The team found that IspH inhibitors activated the immune system. It had more potent bacterial killing activity. The versatility of current best-in-class antibiotics examined in vitro for clinical isolates of antibiotic-resistant bacteria includes a variety of pathogenic gram-negative and gram-positive bacteria.

As well as acting specifically on IspH, the substances also are non-toxic to human cells. ” Our DAIA prodrugs are permeable bacteria. And they are more potent against too many multidrug-resistant bacteria,” said the team.

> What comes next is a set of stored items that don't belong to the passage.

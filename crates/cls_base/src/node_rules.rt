ghost use Rattle.std.specs.Prelude.{◌≡◌, ℕ, ◌<◌, Some, [], ◌∷◌, ◌++◌, length, map, slice_get, IfOk, OnOk, OnErr};
ghost use Rattle.cls_base.specs.Arguments.{arguments_in, map_rule};
ghost use Rattle.cls_base.specs.Cuts.{AreEnds, cut};
ghost use Rattle.cls_base.specs.Columns.{AreColumns, HasArguments, rule_of, rule_with, rules_with};

use crate::{NumberLists, OutOfMemory, RuleRef};
use std::alloc::Global;
use std::marker::Model;

/// The rules of one node, whose arguments are nodes, in flat columns. They are seen as the list of the rules.
#[derive(Drop)]
pub struct NodeRules {
    // The component at the head of each rule, or none where any term may stand there.
    heads: Vec<Option<u32>>,
    // The arguments of each rule.
    args: NumberLists,
}

impl Model for NodeRules {
    ghost use Rattle.std.specs.Prelude.{ℕ, List};
    ghost use Rattle.cls_base.specs.declared.rule.Rule.{Rule};
    ghost use Rattle.cls_base.specs.Columns.{AreColumns, rules_with};

    ghost Value = { List (Rule ℕ) };

    ghost view = { λ r. rules_with r.heads.items r.args };

    ghost invariant = { λ r. AreColumns r.heads.items r.args };
}

impl NodeRules {
    /// No rules. They take no memory.
    pub fn new(alloc: Global) -> NodeRules
        ensures { result ≡ [] }
    {
        NodeRules {
            heads: Vec::new(alloc),
            args: NumberLists::new(alloc),
        }
    }

    /// No rules, and room for so many, which have so many arguments together. The only error is out of memory.
    pub fn with_room(
        alloc: Global,
        rules: usize,
        arguments: usize,
    ) -> Result<NodeRules, OutOfMemory>
        ensures { IfOk result (λ r. r ≡ []) }
    {
        Ok(NodeRules {
            heads: Vec::with_capacity(alloc, rules)?,
            args: NumberLists::with_room(alloc, rules, arguments)?,
        })
    }

    /// The rules with these heads, whose arguments are the numbers, one after another, up to these ends. They take no
    /// memory.
    pub fn of_columns(heads: Vec<Option<u32>>, numbers: Vec<u32>, ends: Vec<u32>) -> NodeRules
        requires ends { AreEnds 0 (length numbers.items) ends.items }
        requires columns { AreColumns heads.items (cut numbers.items 0 ends.items) }
        ensures { result ≡ rules_with heads.items (cut numbers.items 0 ends.items) }
    {
        NodeRules {
            heads,
            args: NumberLists::of_columns(numbers, ends),
        }
    }

    /// The same rules once more. The only error is out of memory.
    pub fn copy(&self, alloc: Global) -> Result<NodeRules, OutOfMemory>
        ensures { IfOk result (λ r. r ≡ self.now) }
    {
        Ok(NodeRules {
            heads: Vec::from_slice(alloc, self.heads.as_slice())?,
            args: self.args.copy(alloc)?,
        })
    }

    /// The same rules with these numbers in place of their arguments, one after another. The only error is out of memory.
    #[tactic(auto, using(crate::proofs::Columns::columns))]
    pub fn with_arguments(&self, alloc: Global, numbers: Vec<u32>) -> Result<NodeRules, OutOfMemory>
        requires { length numbers.items ≡ length (arguments_in self.now) }
        ensures { IfOk result (λ rules.
            (f : ℕ → ℕ) → numbers.items ≡ map f (arguments_in self.now) → rules ≡ map (map_rule f) self.now) }
    {
        let heads = Vec::from_slice(alloc, self.heads.as_slice())?;
        let args = self.args.with_numbers(alloc, numbers)?;
        Ok(NodeRules { heads, args })
    }

    /// The arguments of all rules, one after another.
    #[tactic(auto, using(crate::proofs::Columns::columns))]
    pub fn arguments(&self) -> &[u32]
        ensures { result.now ≡ arguments_in self.now }
    {
        self.args.numbers()
    }

    /// The number of rules.
    #[tactic(auto, using(crate::proofs::Columns::columns))]
    pub fn len(&self) -> usize
        ensures { result ≡ length self.now }
    {
        self.heads.len()
    }

    /// The rule at a place.
    #[tactic(auto, using(crate::proofs::Columns::columns))]
    pub fn get(&self, place: usize) -> RuleRef<'_>
        requires { place < length self.now }
        ensures { slice_get self.now place ≡ Some (rule_of result) }
    {
        let args = self.args.get(place);
        match self.heads[place] {
            Some(component) => RuleRef::Head { component, args },
            None => RuleRef::Any {
                left: args[0],
                right: args[1],
            },
        }
    }

    /// Adds a rule at the end. The only error is out of memory, and then the rules are as before.
    pub fn push(&mut self, rule: RuleRef<'_>) -> Result<(), OutOfMemory>
        ensures ok { OnOk result (self.new ≡ self.old ++ rule_of rule.entry ∷ []) }
        ensures err { OnErr result (self.new ≡ self.old) }
    {
        match rule {
            RuleRef::Head { component, args } => self.push_with(Some(component), args),
            RuleRef::Any { left, right } => self.push_with(None, &[left, right]),
        }
    }

    // Adds the rule with this head and these arguments.
    #[tactic(auto, using(crate::proofs::Columns::columns))]
    fn push_with(&mut self, head: Option<u32>, args: &[u32]) -> Result<(), OutOfMemory>
        requires { HasArguments head args.now }
        ensures ok { OnOk result (self.new ≡ self.old ++ rule_with head args.now ∷ []) }
        ensures err { OnErr result (self.new ≡ self.old) }
    {
        self.heads.reserve(1)?;
        self.args.push(args)?;
        self.heads.push(head)?;
        Ok(())
    }
}
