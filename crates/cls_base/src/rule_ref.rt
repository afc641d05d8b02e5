/// One rule of a node, whose arguments are nodes that stand elsewhere.
#[derive(Drop, Clone, Copy)]
pub enum RuleRef<'a> {
    /// The component, applied to as many terms as there are arguments, each of which meets its argument.
    Head { component: u32, args: &'a [u32] },
    /// Any term of the left node, applied to any of the right one.
    Any { left: u32, right: u32 },
}
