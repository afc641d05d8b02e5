//! What serves as a key of a table.
ghost use Rattle.std.specs.Prelude.{◌≡◌, IsTrue, IfOk};

use crate::out_of_memory::OutOfMemory;
use std::alloc::Global;
use std::hash::Hash;

/// A value that can be found in a table by its meaning, and of which a second one can be made.
///
/// Two keys are equal if and only if contracts see them as the same value.
pub trait Key: Eq + Hash {
    /// An equal value. The Err is out of memory.
    fn copy(&self, alloc: Global) -> Result<Self, OutOfMemory>
    where
        Self: Sized,
        ensures same { IfOk result (λ k. k ≡ self.now) };

    ghost exact: { (x y : Self) → IsTrue (Self.eq x y) → x ≡ y };
}
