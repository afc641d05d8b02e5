ghost use Rattle.std.specs.Prelude.{◌≡◌, ◌↔◌, IfOk};
ghost use Rattle.cls_base.specs.Types.{constructor};
ghost use Rattle.cls_base.specs.Ty.{type_of};
ghost use Rattle.cls_base.specs.TypeOrder.{form_of, order_of};

use crate::out_of_memory::OutOfMemory;
use std::alloc::Global;
use std::cmp::Ordering;

/// The number of a name in its table. Constructors, components and variables have separate tables.
#[derive(Clone, Copy, Debug, PartialEq, Eq, PartialOrd, Ord, Hash)]
pub struct Name(pub u32);

/// A closed type. It is seen as the tree that `type_of` gives.
///
/// Arrows, intersections and omega are those of intersection types (Barendregt, Coppo and Dezani 1983).
/// Constructors and products are this project's own.
///
/// Dropping a type, as each call that goes down it, takes stack by its depth as a tree.
#[derive(Drop)]
pub enum Ty {
    /// The type of every term.
    Omega,
    /// A bare name, which is the constructor over omega.
    Bare(Name),
    /// A constructor over a type. Over omega it stands for the same tree as the bare name.
    Con(Name, Box<Ty>),
    /// A product of two types.
    Prod(Box<(Ty, Ty)>),
    /// The functions from the first type to the second.
    Arrow(Box<(Ty, Ty)>),
    /// The intersection of two types.
    Meet(Box<(Ty, Ty)>),
}

impl Ty {
    /// The constructor over the type: a bare name over omega. The only error is out of memory.
    pub fn over(alloc: Global, name: Name, argument: Ty) -> Result<Ty, OutOfMemory>
        ensures { IfOk result (λ whole. type_of whole ≡ constructor name.0 (type_of argument)) }
    {
        match argument {
            Ty::Omega => Ok(Ty::Bare(name)),
            argument => Ok(Ty::Con(name, Box::new(alloc, argument)?)),
        }
    }

    /// Compares by form, in the order in which the forms are listed, and types of one form by their parts from left to
    /// right. This order is the project's own choice.
    pub fn order(&self, other: &Ty) -> Ordering
        ensures value { result ≡ order_of (type_of self.now) (type_of other.now) }
        ensures equal { (result ≡ Ordering.Equal) ↔ (type_of self.now ≡ type_of other.now) }
    {
        self.order_by_parts(other)
    }

    fn order_by_parts(&self, other: &Ty) -> Ordering
        ensures { result ≡ order_of (type_of self.now) (type_of other.now) }
    {
        match (self, other) {
            (Ty::Bare(c), Ty::Bare(d)) => c.0.cmp(&d.0),
            (Ty::Bare(c), Ty::Con(d, t)) => c.0.cmp(&d.0).then(Ty::Omega.form().cmp(&t.form())),
            (Ty::Con(c, s), Ty::Bare(d)) => c.0.cmp(&d.0).then(s.form().cmp(&Ty::Omega.form())),
            (Ty::Con(c, s), Ty::Con(d, t)) => c.0.cmp(&d.0).then(s.order_by_parts(t)),
            (Ty::Prod(s), Ty::Prod(u)) => s.0.order_by_parts(&u.0).then(s.1.order_by_parts(&u.1)),
            (Ty::Arrow(s), Ty::Arrow(u)) => s.0.order_by_parts(&u.0).then(s.1.order_by_parts(&u.1)),
            (Ty::Meet(s), Ty::Meet(u)) => s.0.order_by_parts(&u.0).then(s.1.order_by_parts(&u.1)),
            (one, another) => one.form().cmp(&another.form()),
        }
    }

    /// The place of the form among the five.
    fn form(&self) -> u8
        ensures { result ≡ form_of (type_of self.now) }
    {
        match self {
            Ty::Omega => 0,
            Ty::Bare(_) | Ty::Con(..) => 1,
            Ty::Prod(..) => 2,
            Ty::Arrow(..) => 3,
            Ty::Meet(..) => 4,
        }
    }

    /// A type equal to this one. The only error is out of memory.
    pub fn copy(&self, alloc: Global) -> Result<Ty, OutOfMemory>
        ensures { IfOk result (λ ty. type_of ty ≡ type_of self.now) }
    {
        match self {
            Ty::Omega => Ok(Ty::Omega),
            Ty::Bare(name) => Ok(Ty::Bare(*name)),
            Ty::Con(name, argument) => {
                let argument = Box::new(alloc, argument.copy(alloc)?)?;
                Ok(Ty::Con(*name, argument))
            }
            Ty::Prod(sides) => {
                let left = sides.0.copy(alloc)?;
                let right = sides.1.copy(alloc)?;
                Ok(Ty::Prod(Box::new(alloc, (left, right))?))
            }
            Ty::Arrow(sides) => {
                let left = sides.0.copy(alloc)?;
                let right = sides.1.copy(alloc)?;
                Ok(Ty::Arrow(Box::new(alloc, (left, right))?))
            }
            Ty::Meet(sides) => {
                let left = sides.0.copy(alloc)?;
                let right = sides.1.copy(alloc)?;
                Ok(Ty::Meet(Box::new(alloc, (left, right))?))
            }
        }
    }
}
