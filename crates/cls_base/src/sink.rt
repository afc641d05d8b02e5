ghost use Rattle.std.specs.Prelude.{◌≡◌, ℕ, ◌<◌, ◌≤◌, length, take, OnOk, OnErr, IfOk};
ghost use Rattle.std.specs.Io.KnownBytes.{Appends, Keeps};
ghost use Rattle.cls_base.specs.Outside.{SinkSeen, HasRisen, Holds, Fills};

use crate::source::Failed;

/// Where the bytes of a run go.
pub trait Sink {
    /// What the sink shows of itself: the bytes that were taken so far and how many it is sure to take yet, if it tells
    /// them, and how many writes have failed.
    ghost seen: { Self → SinkSeen };

    /// Takes bytes from the front of the piece, and says how many: at least one if the piece has one.
    fn write(&mut self, piece: &[u8]) -> Result<usize, Failed>
        requires { Holds (seen self.old).room (length piece.now) }
        ensures within { IfOk result (λ n. n ≤ length piece.now) }
        ensures progress { IfOk result (λ n. 0 < length piece.now → 0 < n) }
        ensures bytes { IfOk result (λ n. Appends (seen self.old).held (seen self.new).held (take n piece.now)) }
        ensures room { IfOk result (λ n. Fills (seen self.old).room (seen self.new).room n) }
        ensures no_fault { OnOk result ((seen self.new).faults ≡ (seen self.old).faults) }

        ensures fault { OnErr result (HasRisen (seen self.old).faults (seen self.new).faults) }
        ensures none_written { OnErr result (Keeps (seen self.old).held (seen self.new).held) }
        ensures same_room { OnErr result (Fills (seen self.old).room (seen self.new).room 0) };
}
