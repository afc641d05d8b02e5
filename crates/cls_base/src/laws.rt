//! What holds of every rule book of a kind, as calls that do nothing and promise the law.
ghost use Rattle.std.specs.Prelude.{ℕ, ◌↔◌};
ghost use Rattle.cls_base.specs.Terms.{Applicative, IsTermOver};
ghost use Rattle.cls_base.specs.Languages.{IsGenerated};
ghost use Rattle.cls_base.specs.Books.{omega_book};

/// The rule book of omega generates exactly the terms over its components.
pub fn omega_book_generates_all_terms()
    ensures { (n : ℕ) (e : Applicative) → IsGenerated (omega_book n) 0 e ↔ IsTermOver n e }
{}
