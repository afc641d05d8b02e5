//! The numbers that the language fixes, and behind them those by which the program bounds what it keeps, which change no reply.
//! Definitions have the former from `specs/Limits`, and the code has all from here.

/// The most bytes of an input that count. If more come, only the lines that end within these do.
pub const MAX_INPUT_BYTES: usize = 1_048_576;

/// The most bytes that a run reads at once.
pub const MAX_READ_BYTES: usize = 4_096;

/// The most bytes of a line, without its line feed.
pub const MAX_LINE_BYTES: usize = 65_536;

/// The most bytes of a name.
pub const MAX_NAME_BYTES: usize = 48;

/// The most components of a repository.
pub const MAX_COMPONENTS: u32 = 1_000;

/// The most component occurrences of a term that is listed.
pub const MAX_TERM_LENGTH: u64 = 64;

/// The greatest size that a listing may ask for.
pub const MAX_TERM_SIZE: u32 = 1_024;

/// The most terms that a listing may ask for.
pub const MAX_PAGE_TERMS: u32 = 10_000;

/// The most nodes of a type.
pub const MAX_TYPE_NODES: u64 = 1_024;

/// The greatest depth of a type, which is the most parentheses that are open at once in its text.
pub const MAX_TYPE_DEPTH: u64 = 64;

/// The greatest spread of a type.
pub const MAX_TYPE_SPREAD: u64 = 16_384;

/// The most choices of a schema, which are as many as its instances.
pub const MAX_INSTANCES: usize = 4_096;

/// The most nodes of an instance.
pub const MAX_INSTANCE_NODES: u64 = 4_096;

/// The most leading arrows of a path of a component.
pub const MAX_ARITY: usize = 32;

/// The most that the sum of spread + 1 over a library's instances may be.
pub const MAX_LIBRARY_WEIGHT: u64 = 1_000_000;

/// The most bytes of a term's text.
pub const MAX_TEXT_BYTES: usize = 65_536;

/// The greatest number of a hole in a template.
pub const MAX_HOLE: u8 = 16;

/// The most minimal covers of the first paths of a goal by the arrows of a component with one number of arguments. If there
/// are more, the goal is wide.
pub const MAX_COVERS: u32 = 1_024;

/// The greatest cost of a component.
pub const MAX_COST: u32 = 255;

/// The most states of a filter.
pub const MAX_STATES: u32 = 16;

/// The greatest size of a term that is told as a number.
pub const MAX_FINITE_SIZE: u64 = 1_000_000_000;

/// Paths and spreads are counted up to this number, which no library has room for.
pub const SPREAD_CAP: u64 = MAX_LIBRARY_WEIGHT + 1;

/// The greatest number that a generator of test inputs takes.
pub const MAX_GENERATED: u32 = 300;

/// The most goals that a memo holds.
pub const MAX_MEMO_GOALS: usize = 20_000;

/// The most rules of goals together that a memo holds.
pub const MAX_MEMO_RULES: u64 = 1_000_000;

/// The most grammars that are kept for later queries.
pub const MAX_KEPT_GRAMMARS: usize = 64;

/// The most bytes that the kept grammars take together, if there are several: 64 MiB.
pub const MAX_KEPT_BYTES: u64 = 67_108_864;

/// The most goals whose outcomes are kept for later queries.
pub const MAX_KEPT_OUTCOMES: usize = 64;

The researchers also found out that the bacteria are unlikely to have developed resistance mechanisms to the mode of action of their DAIAs. “Unlike antibiotics derived from natural sources, no inhibitors of IspH have been found in microorganisms. So, it is less likely that resistance mechanisms have evolved directly against our medications,” they stated. ” The antimicrobial strategy that we are reporting are synergizing direct antibiotic action.” “We agree that this innovative DAIA solution could be a breakthrough. It may end the global war against AMR. So, it may provide a connection between the direct killing of antibiotics and the potential for AMR. It may also increase the natural strength of the immune system,” Dotiwala stated.